If we didn’t hear it in school, we heard it on TV: that everyone has a right to an attorney and that “if you cannot afford one, one will be provided to you.” But this constitutional safeguard applies only to criminal defendants, making access to justice tenuous for those without the funds to represent them in custody, eviction, domestic violence and other high-stakes civil cases.
Standing up for disadvantaged Mainers is the goal of Maine’s civil legal aid providers, and a newly released report shows that their efforts put around $105 million in the Maine economy every year. Legal aid benefits not just clients but also the community as a whole — making it imperative for everyone who truly believes in “justice for all” to be advocates and donors.
University of Maine economics professor Todd Gabe carried out the study for the Justice Action Group, a nonprofit advocacy organization. In 2015, Gabe found, legal aid led to an estimated $37 million in recoveries in individual cases, by helping clients access federal programs (e.g., food stamps), get income tax refunds and reductions, and get back money taken in senior-exploitation schemes or illegal debt collection.

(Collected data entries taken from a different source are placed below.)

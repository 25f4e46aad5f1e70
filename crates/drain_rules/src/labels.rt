//! What a walk keeps of the outlets that it passes.

ghost use Rattle.std.specs.Prelude.{◌≡◌, ◌↔◌, ◌&&◌, ◌+◌, ◌<◌, ◌≤◌};
ghost use Rattle.drain_rules.specs.Names.{IsTrue, is_some, pos, ℕ, Bool, true, IfOk, OnOk, OnErr, int_eq, Cell, MAX_LENGTH, IsEarlier, Grid, Products, IsInside, values_at, SharedLabelHolds, Values};
ghost use Rattle.drain_rules.specs.Labels.{IsOutletByCode};
ghost use Rattle.drain_rules.specs.declared.walk.Area.{Area};
ghost use Rattle.drain_rules.specs.Areas.{HasCell, IsOutletCell, everywhere};
ghost use Rattle.drain_rules.specs.Compared.{IfCompared};
ghost use Rattle.drain_rules.specs.Rows.{place};

use crate::walk::{Area, admits_label};
use drain_basin::OutletLabels;
use drain_grid::{Cell, CellValues, OutOfMemory};

/// Whether the values are those of a data cell with the code of an outlet, 0.
pub fn is_outlet_by_code(here: &CellValues) -> bool
    ensures outlet { IsTrue result ↔ IsOutletByCode here.now }
    ensures test { result ≡ (is_some here.now.z && int_eq here.now.dir (pos 0)) }
{
    here.z.is_some() && here.dir == 0
}

/// What is kept of the outlets among the judged cells, and which cells these are.
///
/// Labels are compared by the set of them, which judges all cells; or outlets are listed, to be compared later.
pub trait Labels {
    /// Whether the labels of outlets are compared.
    ghost compares: { Bool };

    /// The cells that are judged.
    ghost judges: { Self → Area };

    /// It is kept of the judged outlets before this place in row order.
    ghost are_before: { Grid → Products → Cell → Self → Type 0 };

    /// None of the outlets has the label of a cell with these values, if it is an outlet.
    ghost is_new: { Self → Values → Type 0 };

    /// A cell with these values is kept too, if it is an outlet.
    ghost adds: { Values → Cell → Self → Self → Type 0 };

    /// The cells that are judged.
    fn area(&self) -> Area
        ensures { result ≡ judges self.now };

    /// Keeps the cell with these values if it is an outlet, and returns whether its label is new.
    fn keep(&mut self, here: &CellValues, cell: Cell) -> Result<bool, OutOfMemory>
        requires row { cell.row < MAX_LENGTH }
        requires col { cell.col < MAX_LENGTH }
        ensures is_new { IfOk result (λ new. IsTrue new ↔ IfCompared compares (is_new self.old here.now)) }
        ensures adds { OnOk result (adds here.now cell self.old self.new) }
        ensures judges { judges self.new ≡ judges self.old }
        ensures err { OnErr result (IsOutletByCode here.now × IfCompared compares (is_new self.old here.now)) };

    /// With a judged cell it is kept of the outlets before the next place.
    ghost one_more: { (g : Grid) (ps : Products) (row col : ℕ) (here : Values) (old new : Self) → IsInside g (place row col) → HasCell (judges old) (place row col)
        → here ≡ values_at g ps (place row col) → adds here (place row col) old new → are_before g ps (place row col) old → are_before g ps (place row (col + 1)) new };

    /// Cells that aren't judged outlets change nothing.
    ghost passed: { (g : Grid) (ps : Products) (p q : Cell) (labels : Self) → g.extent.cols ≤ MAX_LENGTH → p.row ≤ MAX_LENGTH → q.row ≤ MAX_LENGTH
        → ((c : Cell) → HasCell (judges labels) c → IsOutletCell g ps c → IsEarlier c p ↔ IsEarlier c q) → are_before g ps p labels → are_before g ps q labels };

    /// Compared labels show whether SharedLabel holds.
    ghost tells_shared: { (g : Grid) (ps : Products) (c : Cell) (labels : Self) → IsTrue compares → IsInside g c → are_before g ps c labels
        → is_new labels (values_at g ps c) ↔ SharedLabelHolds g ps c };

    /// Labels are compared of all cells.
    ghost of_all: { (labels : Self) → IsTrue compares → judges labels ≡ everywhere };
}

impl Labels for OutletLabels {
    ghost use Rattle.std.specs.Prelude.{◌↔◌, ◌⊎◌};
    ghost use Rattle.drain_rules.specs.Names.{true, refl, ℤ, IsAdmitted};
    ghost use Rattle.drain_rules.specs.Areas.{everywhere};
    ghost use Rattle.drain_rules.specs.Labels.{AreLabelsBefore, HasNoLabel, IsLabelOf};
    ghost use Rattle.drain_rules.specs.Laws.{labels-more, labels-passed, labels-shared};

    ghost compares = { true };

    ghost judges = { λ labels. everywhere };

    ghost are_before = { AreLabelsBefore };

    ghost is_new = { HasNoLabel };

    ghost adds = { λ here cell old new. (label : ℤ) → IsAdmitted new label ↔ (IsLabelOf here label ⊎ IsAdmitted old label) };

    ghost one_more = { λ g ps row col here old new inside judged is adds before. labels-more g ps row col here old new inside is before adds };

    ghost passed = { labels-passed };

    ghost tells_shared = { λ g ps c labels compared inside before. labels-shared g ps labels c inside before };

    ghost of_all = { λ labels compared. refl };

    fn area(&self) -> Area {
        Area::everywhere()
    }

    fn keep(&mut self, here: &CellValues, _cell: Cell) -> Result<bool, OutOfMemory> {
        admits_label(self, here)
    }
}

Legal aid services also enabled domestic abuse victims to obtain protective orders; allowed single parents to secure child and spousal support, and helped people facing evictions and foreclosures hang on to their homes.

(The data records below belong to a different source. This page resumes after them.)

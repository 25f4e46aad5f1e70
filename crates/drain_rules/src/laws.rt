//! What the definition of a verdict promises.
//!
//! A law is a function with an empty body: its contract is the law, and code that calls it can use the law.

ghost use Rattle.drain_rules.specs.Laws.{EqualGridsHaveOneVerdict};
ghost use Rattle.drain_rules.specs.ThreeRows.{ThreeRowsShowPatches};

/// Grids and products that are equal at the cells of the grid have one verdict, whatever their values elsewhere.
pub fn equal_grids_have_one_verdict()
    ensures { EqualGridsHaveOneVerdict }
{}

/// Three rows of a grid show the patches of the middle one, at every column and edge.
pub fn three_rows_show_patches()
    ensures { ThreeRowsShowPatches }
{}
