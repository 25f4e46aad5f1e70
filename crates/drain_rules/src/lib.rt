//! The verdict on a grid's products, and on a fill input: each rule at each cell, the first fault, and the counts of an
//! acceptance.
//!
//! A walk scans the judged cells in row order and looks at one patch at a time. It stops at the first fault, so the cells
//! before it keep every rule. Of these it keeps three counts, and the outlets: their labels, which the rule SharedLabel
//! compares, or a list of them. It is generic over what is kept, and over rows that show patches: those of whole
//! rasters, or three rows of numbers. That rules kept at every cell make the products correct is `drain_grid`'s law `correct_from_rules`. The walk over a fill input checks only rules 4
//! to 9; that these make the filled surface is the law `least_from_rules`.
#![tactic(auto)]

pub mod fill_inland;
pub mod fill_input;
pub mod fill_walk;
pub mod labels;
pub mod laws;
pub mod part_rules;
pub mod patch_rules;
pub mod raster_walk;
pub mod row_view;
pub mod screen;
pub mod three_rows;
pub mod walk;

pub use fill_input::fill_length;
pub use fill_walk::check_fill;
pub use labels::Labels;
pub use patch_rules::{PatchRow, patch_fault};
pub use raster_walk::{RasterRow, verdict_of};
pub use row_view::{Kept, RowView};
pub use three_rows::ThreeRows;
pub use walk::{Area, Walk};
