//! The four parts of a fill input, read in place: the tile, its conditioned elevations, spill parents and ranks. Only
//! the nine cells of one patch are copied.

ghost use Rattle.std.specs.Prelude.{◌≡◌, ◌<◌, ◌≤◌, ◌*◌};
ghost use Rattle.drain_rules.specs.Names.{IsTrue, length, pos, IfJudged, has_rnk, IsSide};
ghost use Rattle.drain_rules.specs.Fill.{IsBlankVoid};
ghost use Rattle.drain_grid.specs.declared.tile.TheConstants.{MAX_SIDE};
ghost use Rattle.drain_rules.specs.Places.{AreWays};

use crate::part_rules::is_blank;
use byteorder::{BigEndian, ByteOrder};
use drain_grid::tile::height_from;
use drain_grid::{Cell, CellSource, CellValues, Direction, Rules, Shape, Spacing, widened};

/// Whether the cell is a void, and the judged rasters have their no-data numbers.
pub fn is_blank_void(here: &CellValues, rules: &Rules) -> bool
    ensures { IsTrue result → IsBlankVoid rules.now here.now }
{
    here.z.is_none() && is_blank(here, rules) && has_no_rank(here, rules)
}

/// Whether the rank is its no-data number, or isn't judged.
fn has_no_rank(here: &CellValues, rules: &Rules) -> bool
    ensures { IsTrue result → IfJudged (has_rnk rules.now.judged) (here.now.rnk ≡ rules.now.nodata.rnk) }
{
    !rules.judged.has_rnk() || here.rnk == rules.nodata.rnk
}

/// How many bytes an input takes: nine for each cell.
pub fn fill_length(side: u32) -> usize
    requires { IsSide side }
    ensures { result ≡ 9 * (side * side) }
{
    9 * (side as usize * side as usize)
}

/// The bytes of an input of the right length, and the shape of its tile.
#[derive(Clone, Copy)]
pub struct FillInput<'a> {
    shape: Shape,
    cells: usize,
    ways: [usize; 8],
    bytes: &'a [u8],
    ghost square: { shape.cols ≡ shape.rows },
    ghost side: { IsSide shape.rows },
    ghost counted: { cells ≡ shape.rows * shape.rows },
    ghost whole: { length bytes.now ≡ 9 * (shape.rows * shape.rows) },
    ghost led: { AreWays shape.rows ways },
}

/// From the neighbour in the north-west, how many places further each neighbour is, in the order of directions.
fn ways(side: usize) -> [usize; 8]
    requires { side ≤ MAX_SIDE }
    ensures { AreWays side result }
{
    [
        side + 2,
        2 * side + 2,
        2 * side + 1,
        2 * side,
        side,
        0,
        1,
        2,
    ]
}

impl<'a> FillInput<'a> {
    ghost use Rattle.std.specs.Prelude.{◌+◌, ◌↔◌};
    ghost use Rattle.drain_rules.specs.Names.{IsSome, cols_right, rows_down, IsCellOf, index_of, height_from};
    ghost use Rattle.drain_rules.specs.Fill.{square, IsFillLength, sample_at, con_at, spl_at, rnk_at};
    ghost use Rattle.drain_rules.specs.Places.{HasPlacesRound, place_beside};

    /// The parts of an input of the right length.
    pub fn new(side: u32, bytes: &'a [u8]) -> FillInput<'a>
        requires side { IsSide side }
        requires whole { IsFillLength side bytes.now }
        ensures side { result.shape.rows ≡ side }
        ensures bytes { result.bytes.now ≡ bytes.entry.now }
    {
        FillInput {
            shape: Shape::new(side, side).unwrap(),
            cells: side as usize * side as usize,
            ways: ways(side as usize),
            bytes,
        }
    }

    /// How many cells there are along an edge.
    pub fn side(&self) -> u32
        ensures { result ≡ self.now.shape.rows }
    {
        self.shape.rows()
    }

    /// Where the cell is in row order.
    pub(crate) fn place(&self, cell: Cell) -> usize
        requires { IsCellOf (square self.now.shape.rows) cell }
        ensures place { result ≡ index_of (square self.now.shape.rows) cell }
        ensures inside { result < self.now.shape.rows * self.now.shape.rows }
    {
        self.shape.index(cell)
    }

    /// The place of the neighbour in this direction of a cell that is on no edge.
    pub(crate) fn place_beside(&self, place: usize, direction: Direction) -> usize
        requires { HasPlacesRound self.now.shape.rows place }
        ensures lies { result ≡ place_beside self.now.shape.rows place direction }
        ensures inside { result < self.now.shape.rows * self.now.shape.rows }
    {
        let corner = place - self.side() as usize - 1;
        corner + self.way(direction)
    }

    /// How many places the neighbour is after the one in the north-west.
    fn way(&self, direction: Direction) -> usize
        ensures { result ≡ rows_down direction * self.now.shape.rows + cols_right direction }
    {
        self.ways[direction as usize]
    }

    /// Whether the cell at a place has data.
    pub(crate) fn has_data(&self, place: usize) -> bool
        requires { place < self.now.shape.rows * self.now.shape.rows }
        ensures { IsTrue result ↔ IsSome (height_from (sample_at self.now.bytes.now place)) }
    {
        height_from(self.sample(place)).is_some()
    }

    /// The sample of the tile at a place.
    pub(crate) fn sample(&self, place: usize) -> i16
        requires { place < self.now.shape.rows * self.now.shape.rows }
        ensures { result ≡ sample_at self.now.bytes.now place }
    {
        BigEndian::read_i16(&self.bytes[2 * place..])
    }

    /// The conditioned elevation there.
    pub(crate) fn con(&self, place: usize) -> i16
        requires { place < self.now.shape.rows * self.now.shape.rows }
        ensures { result ≡ con_at self.now.shape.rows self.now.bytes.now place }
    {
        BigEndian::read_i16(&self.bytes[2 * self.cells + 2 * place..])
    }

    /// The spill parent's code there.
    pub(crate) fn code(&self, place: usize) -> u8
        requires { place < self.now.shape.rows * self.now.shape.rows }
        ensures { pos result ≡ spl_at self.now.shape.rows self.now.bytes.now place }
    {
        self.bytes[4 * self.cells + place]
    }

    /// The rank there.
    pub(crate) fn rank(&self, place: usize) -> u32
        requires { place < self.now.shape.rows * self.now.shape.rows }
        ensures { pos result ≡ rnk_at self.now.shape.rows self.now.bytes.now place }
    {
        BigEndian::read_u32(&self.bytes[5 * self.cells + 4 * place..])
    }
}

impl<'a> CellSource for FillInput<'a> {
    ghost use Rattle.drain_rules.specs.Names.{values_at, unit_spacing};
    ghost use Rattle.drain_rules.specs.Fill.{square};
    ghost use Rattle.drain_rules.specs.Verdicts.{parts_grid, parts_products};

    ghost size = { λ input. square input.shape.rows };

    ghost shown = { λ input. values_at (parts_grid input) (parts_products input) };

    ghost spaced = { λ input row. unit_spacing };

    fn shape(&self) -> Shape {
        self.shape
    }

    fn spacing(&self, _row: u32) -> Spacing {
        Spacing::unit()
    }

    fn values(&self, cell: Cell) -> CellValues {
        let place = self.place(cell);
        CellValues {
            z: widened(height_from(self.sample(place))),
            sink: false,
            con: i64::from(self.con(place)),
            dir: 0,
            acc: 0,
            bas: 0,
            spl: i64::from(self.code(place)),
            rnk: i64::from(self.rank(place)),
        }
    }
}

How does the community benefit? Families who are able to avoid homelessness and domestic violence are less likely to need public assistance, transitional housing and other crisis services — thus saving taxpayers’ money. Assistance to domestic violence survivors reduces the chance of further abuse, paying off for employers in lower health care costs and fewer absences from work. And cities and towns save on General Assistance costs when legal aid groups help asylum seekers obtain work permits.
Civil legal aid’s impact was even greater for systemic cases, at $68 million. Because of the services, according to Gabe, 750 Mainers with hearing impairments received hearing aids they had been unable to obtain, while health care coverage was preserved for 33,000 Maine seniors and people with disabilities.

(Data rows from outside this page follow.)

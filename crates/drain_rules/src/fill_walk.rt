//! The check of a fill input: rules 4 to 9 at each cell in row order. An inland cell is tested by its numbers in place,
//! and any other by its patch, as is one that this test doesn't pass.

ghost use Rattle.std.specs.Prelude.{◌<◌};
ghost use Rattle.drain_rules.specs.Names.{IfOk, IfErr, IsTrue, fill_rules, IsInside, patch_at, IsFillRule, IsLeastFault};
ghost use Rattle.drain_grid.specs.Path.{IsLeastSurface, ShowsSpillLevels};
ghost use Rattle.drain_rules.specs.Fill.{fill_grid, fill_products, IsFillAnswer, IsFillVerdict, OnAccepted};
ghost use Rattle.drain_rules.specs.Verdicts.{parts_grid, parts_products};
ghost use Rattle.drain_rules.specs.Places.{IsInland};
ghost use Rattle.drain_rules.specs.Rows.{IsRowTally, IsRowFault};

use crate::fill_inland::{has_data_across, keeps_inland};
use crate::fill_input::{FillInput, fill_length};
use crate::walk::Tally;
use drain_fill::fault;
use drain_grid::laws::least_from_rules;
use drain_grid::tile::is_side;
use drain_grid::{Cell, CellSource, FillCounts, FillRefusal, FillVerdict, Patch, Rule};

/// The first of rules 4 to 9 that fails in a row, and where.
#[derive(Clone, Copy)]
pub struct RowFault {
    pub rule: Rule,
    pub col: u32,
}

/// The first of rules 4 to 9 that fails at a cell, none if they all hold. A patch is looked at only at a data cell where
/// the quick test of an inland one doesn't show that they do.
fn fault_at(input: &FillInput<'_>, cell: Cell, is_inland: bool) -> Option<Rule>
    requires inside { IsInside (parts_grid input.now) cell }
    requires inland { IsTrue is_inland → IsInland (parts_grid input.now) cell }
    ensures least { IsLeastFault IsFillRule (fill_rules (patch_at (parts_grid input.now) (parts_products input.now) cell)) result }
{
    if is_inland && keeps_inland(input, cell) {
        None
    } else if input.has_data(input.place(cell)) {
        patch_fault(input, cell)
    } else {
        None
    }
}

/// The same by its patch. It is no part of the loop over cells, so that only a cell that needs a patch pays for one.
#[inline(never)]
fn patch_fault(input: &FillInput<'_>, cell: Cell) -> Option<Rule>
    requires inside { IsInside (parts_grid input.now) cell }
    ensures least { IsLeastFault IsFillRule (fill_rules (patch_at (parts_grid input.now) (parts_products input.now) cell)) result }
{
    fault(&Patch::at(input, cell))
}

/// Tests rules 4 to 9 at the cells of a row, from west to east.
fn check_fill_row(input: &FillInput<'_>, row: u32) -> Result<Tally, RowFault>
    requires { row < input.now.shape.rows }
    ensures tally { IfOk result (IsRowTally fill_rules IsFillRule (parts_grid input.now) (parts_products input.now) row) }
    ensures fault { IfErr result (λ fault. IsRowFault fill_rules IsFillRule (parts_grid input.now) (parts_products input.now) row fault.col fault.rule) }
{
    let mut tally = Tally::new();
    let mut west = false;
    let mut here = has_data_across(input, row, 0);
    for col in 0..input.side() {
        let cell = Cell { row, col };
        let east = has_data_across(input, row, col + 1);
        if let Some(rule) = fault_at(input, cell, west & here & east) {
            return Err(RowFault { rule, col });
        }
        tally.add(&input.values(cell));
        west = here;
        here = east;
    }
    Ok(tally)
}

/// Tests rules 4 to 9 at each cell in row order.
fn fill_verdict(input: &FillInput<'_>) -> FillVerdict
    ensures { IsFillVerdict (parts_grid input.now) (parts_products input.now) result }
{
    let side = input.side();
    let mut total = Tally::new();
    for row in 0..side {
        match check_fill_row(input, row) {
            Ok(tally) => total.join(tally),
            Err(fault) => {
                return FillVerdict::Rejected {
                    rule: fault.rule,
                    row,
                    col: fault.col,
                };
            }
        }
    }
    FillVerdict::Accepted(FillCounts {
        rows: side,
        cols: side,
        data_cells: total.data_cells,
        raised: total.raised,
    })
}

/// The verdict on a fill input, or why there is none.
///
/// `side` is the number of samples along an edge of the tile, from 2 to 3601. The input is exactly nine bytes per cell:
/// the tile (two bytes per cell), the conditioned elevations (two, signed), the spill parents' codes (one) and the
/// ranks (four), each part row after row, most significant byte first. It takes no memory.
pub fn check_fill(side: u32, bytes: &[u8]) -> Result<FillVerdict, FillRefusal>
    ensures answer { IsFillAnswer side bytes.now result }

    // An accepted `con` is the filled surface.
    ensures spill_level { OnAccepted result (ShowsSpillLevels (fill_grid side bytes.now) (fill_products side bytes.now).con) }
    ensures least { OnAccepted result (IsLeastSurface (fill_grid side bytes.now) (fill_products side bytes.now).con) }
{
    if !is_side(side) {
        return Err(FillRefusal::BadSide);
    }
    if bytes.len() != fill_length(side) {
        return Err(FillRefusal::BadLength);
    }
    // The law that turns rules kept at every cell into the filled surface.
    least_from_rules();
    Ok(fill_verdict(&FillInput::new(side, bytes)))
}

What legal aid providers have been able to get done is even more remarkable considering the state could use a lot more of them. In 1990, the Muskie Commission concluded that Maine had to have the equivalent of 282 full-time civil legal aid attorneys to address the need for civil legal aid; in 2016, there were just 40 full-time equivalent civil legal aid lawyers in Maine. As it is, an estimated 75 to 80 percent of Mainers who appear before a judge in a civil case wind up representing themselves.
Civil legal aid providers in Maine rely on donated services, state and federal funding and private contributions, but it’s clearly not enough to meet the needs of vulnerable Mainers. No one should have to go hungry or homeless for lack of legal representation — so what are we going to do about it?